Wei Yunchao, Xia Wei, Lin Min, Huang Junshi, Ni Bingbing, Dong Jian, Zhao Yao, Yan Shuicheng
IEEE Trans Pattern Anal Mach Intell. 2016 Sep 1;38(9):1901-1907. doi: 10.1109/TPAMI.2015.2491929. Epub 2015 Oct 26.
Convolutional Neural Network (CNN) has demonstrated promising performance in single-label image classification tasks. However, how CNN best copes with multi-label images still remains an open problem, mainly due to the complex underlying object layouts and insufficient multi-label training images. In this work, we propose a flexible deep CNN infrastructure, called Hypotheses-CNN-Pooling (HCP), where an arbitrary number of object segment hypotheses are taken as the inputs, then a shared CNN is connected with each hypothesis, and finally the CNN output results from different hypotheses are aggregated with max pooling to produce the ultimate multi-label predictions. Some unique characteristics of this flexible deep CNN infrastructure include: 1) no ground-truth bounding box information is required for training; 2) the whole HCP infrastructure is robust to possibly noisy and/or redundant hypotheses; 3) the shared CNN is flexible and can be well pre-trained with a large-scale single-label image dataset, e.g., ImageNet; and 4) it may naturally output multi-label prediction results. Experimental results on Pascal VOC 2007 and VOC 2012 multi-label image datasets well demonstrate the superiority of the proposed HCP infrastructure over other state-of-the-arts. In particular, the mAP reaches 90.5% by HCP only and 93.2% after the fusion with our complementary result in [44] based on hand-crafted features on the VOC 2012 dataset.
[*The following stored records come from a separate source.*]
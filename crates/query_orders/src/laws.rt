//! Laws of orders, which say in a reader's words what the definitions give. Nothing is done.
ghost use Rattle.std.specs.Prelude.{◌≡◌, ◌<◌, ℕ, Bool, true, List, [], Contains, length, ◌↔◌};
ghost use Rattle.std.specs.List.{sum_by};
ghost use Rattle.cap_core.specs.declared.profile.ProfileName.{ProfileName};
ghost use Rattle.kernel_abstract.specs.declared.call.Call.{Call};
ghost use Rattle.kernel_abstract.specs.State.{State};
ghost use Rattle.query_orders.specs.declared.answer.Answer.{Answer as AnswerOf};
ghost use Rattle.query_orders.specs.declared.left.LeftCall.{LeftCall as LeftCallOf};
ghost use Rattle.query_orders.specs.World.{World, start};
ghost use Rattle.query_orders.specs.Orders.{orders};
ghost use Rattle.query_orders.specs.Apart.{BeginsAlike, HasPart, GoesOn, FirstTellTheSame, TellTheSame, LeaveTheSame};
ghost use Rattle.query_orders.specs.Laws.{EachCanBeMade, IsShuffle, AnswersEachOnce, AreShortest, AreShortestStuck, IsBehind};

use crate::answer::Answer;
use crate::left::LeftCall;

/// The orders of so many calls are exactly the lists of so many clients in which each call can be made where it stands.
pub fn orders_are_those_that_can_be_made()
    ensures { (p : ProfileName) (own : List (List Call)) (w : World) (count : ℕ) (order : List ℕ)
        → Contains (orders p own w [] count) order ↔ ((length order ≡ count) × EachCanBeMade p own w order) }
{}

/// Where no client has a call left, the calls that an order made are a shuffle of the clients' calls: those of each client
/// are that client's own, all of them and in its own order.
pub fn complete_orders_are_shuffles()
    ensures { (p : ProfileName) (own : List (List Call)) (A : State) (order : List ℕ) → IsShuffle p own A order }
{}

/// The orders that begin in one way are exactly those that go on from there by calls each of which can be made where it
/// stands.
pub fn orders_go_on_from_their_beginning()
    ensures { (p : ProfileName) (own : List (List Call)) (w : World) (first : List ℕ) (count : ℕ) (order : List ℕ)
        → Contains (orders p own w first count) order ↔ IsBehind p own w first count order }
{}

/// In each order each call of the clients comes to just one answer: what it is answered, where it does not wait, what its
/// wait came to, or that it waits or is not made where the order ends.
pub fn each_call_comes_to_one_answer()
    ensures { (p : ProfileName) (own : List (List Call)) (A : State) (order : List ℕ) → AnswersEachOnce p own A order }
{}

/// No order has more calls than the clients have.
pub fn orders_have_no_more_calls_than_the_clients()
    ensures { (p : ProfileName) (own : List (List Call)) (A : State) (first : List ℕ) (count : ℕ)
        → sum_by length own < count → orders p own (start own A) first count ≡ [] }
{}

/// Of each answer, and of each way to end stuck, the order that is told with it is one of the shortest that have it.
pub fn first_orders_are_the_shortest()
    ensures answers { (p : ProfileName) (own : List (List Call)) (w : World) (first : List ℕ) (count : ℕ) → AreShortest p own w first count }
    ensures stuck { (p : ProfileName) (own : List (List Call)) (w : World) (first : List ℕ) (count : ℕ) → AreShortestStuck p own w first count }
{}

/// Two answers that `==` takes for equal are the same, and so are two calls that are left.
pub fn answers_that_compare_equal_are_the_same()
    ensures answers { (a b : AnswerOf) → ⟦<Answer as PartialEq>⟧.eq a b ≡ true → a ≡ b }
    ensures left { (a b : LeftCallOf) → ⟦<LeftCall as PartialEq>⟧.eq a b ≡ true → a ≡ b }
{}

/// Clients of different groups share no thread and no endpoint, and change no capability. Of each order the part that the clients
/// of one group make is an order of these clients by themselves: each of them can go on alike behind both, and is told the same.
/// And orders of several groups can be made one behind the other.
pub fn groups_do_not_see_each_other()
    ensures begins { (p : ProfileName) (own : List (List Call)) (A : State) (first : List ℕ) (has : ℕ → Bool) → BeginsAlike p own A first has }
    ensures part { (p : ProfileName) (own : List (List Call)) (A : State) (first groups : List ℕ) (group : ℕ) (order : List ℕ) → HasPart p own A first groups group order }
    ensures goes_on { (p : ProfileName) (own : List (List Call)) (A : State) (first groups : List ℕ) (group : ℕ) (order more : List ℕ) → GoesOn p own A first groups group order more }
{}

/// All orders of one group's clients by themselves tell of these clients' calls just what all orders of all clients tell of them, and
/// leave just the same of them at their ends. The calls that each order begins with tell the same.
pub fn groups_tell_what_all_orders_tell()
    ensures first { (p : ProfileName) (own : List (List Call)) (A : State) (first : List ℕ) (has : ℕ → Bool) → FirstTellTheSame p own A first has }
    ensures told { (p : ProfileName) (own : List (List Call)) (A : State) (first groups : List ℕ) (group : ℕ) → TellTheSame p own A first groups group }
    ensures left { (p : ProfileName) (own : List (List Call)) (A : State) (first groups : List ℕ) (group : ℕ) → LeaveTheSame p own A first groups group }
{}
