//! Calls that an order leaves.
use kernel_abstract::ThreadState;

/// The next call of a client that has calls left where an order ends: the client, the call's place among the client's calls,
/// from 0 on, the address of its thread, and what that thread does; `None` where no live thread is at the address.
#[derive(Clone, Copy, Debug, PartialEq, Eq)]
pub struct LeftCall {
    pub client: usize,
    pub place: usize,
    pub thread: u64,
    pub state: Option<ThreadState>,
}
卷积神经网络(CNN)在单标签图像分类任务中已展现出良好的性能。然而,CNN如何最佳地处理多标签图像仍是一个悬而未决的问题,主要原因在于复杂的底层物体布局以及多标签训练图像不足。在这项工作中,我们提出了一种灵活的深度CNN架构,称为假设-CNN-池化(HCP),其中任意数量的物体分割假设被用作输入,然后一个共享的CNN与每个假设相连,最后不同假设的CNN输出结果通过最大池化进行聚合,以产生最终的多标签预测。这种灵活的深度CNN架构的一些独特特性包括:1)训练时无需真实边界框信息;2)整个HCP架构对可能有噪声和/或冗余的假设具有鲁棒性;3)共享的CNN灵活且可以使用大规模单标签图像数据集(例如ImageNet)进行良好的预训练;4)它可以自然地输出多标签预测结果。在Pascal VOC 2007和VOC 2012多标签图像数据集上的实验结果很好地证明了所提出的HCP架构优于其他现有技术。特别是,仅通过HCP,在VOC 2012数据集上的平均精度均值(mAP)达到90.5%,与我们基于手工特征在[44]中的互补结果融合后达到93.2%。